_WORK TASK_: Within these entries, how many lines contain the word "held"? Answer with the number alone.

::::::

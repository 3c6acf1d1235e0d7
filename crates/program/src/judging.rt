// One line of the input: judged by characters, frame, turn, reading, call.
ghost use Rattle.std.specs.Prelude.{◌≡◌};
ghost use Rattle.catalogue.specs.Asked.{asked};
ghost use Rattle.frames.specs.Frames.{plain_frame};
ghost use Rattle.frames.specs.Splitting.{plain_line};
ghost use Rattle.frames.specs.Turns.{turn_finished};
ghost use Rattle.program.specs.Lines.{Calls, Judges, called, frame_or_fault, judged};

use crate::ProgramFault;
use frames::{Frame, Line, Turn, correction, decode_line};
use planner::Question;
use pricing::PriceModel;

// Makes the call of a frame; a correction is read first.
fn call<M: PriceModel>(question: &mut Question<M>, frame: Frame<'_>) -> Result<(), ProgramFault>
    ensures model { question.new.model ≡ question.old.model }
    ensures outcome { Calls (called (asked question.old.held.catalogue) (plain_frame frame.entry)) result (asked question.new.held.catalogue) }
{
    match frame {
        Frame::Table { rows } => {
            question.table(rows)?;
        }
        Frame::Tie {
            table,
            other,
            p,
            q,
            cost,
        } => {
            question.tie(table, other, p, q, cost)?;
        }
        Frame::Test {
            table,
            p,
            q,
            cost,
            kind,
        } => {
            question.test(table, p, q, cost, kind)?;
        }
        Frame::Correct { table, reading } => {
            let by = correction(reading)?;
            question.correct(table, by)?;
        }
        Frame::End => {}
    }
    Ok(())
}

// The turn after the line, or the first fault.
pub(crate) fn judge<M: PriceModel>(
    question: &mut Question<M>,
    turn: Turn,
    line: Line<'_>,
) -> Result<Turn, ProgramFault>
    ensures model { question.new.model ≡ question.old.model }
    ensures outcome { Judges (judged (record { turn = turn; question = asked question.old.held.catalogue }) (plain_line line.entry)) result (asked question.new.held.catalogue) }
{
    let decoded = decode_line(line)?;
    let frame = Frame::decode(decoded.as_slice())?;
    let after = turn.after(&frame)?;
    call(question, frame)?;
    Ok(after)
}

// After the last line: whether the end was among them.
pub(crate) fn ended(turn: Turn) -> Result<(), ProgramFault>
    ensures { result ≡ frame_or_fault (turn_finished turn) }
{
    Ok(turn.finish()?)
}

::::::

_EXERCISE SOLUTION_: 2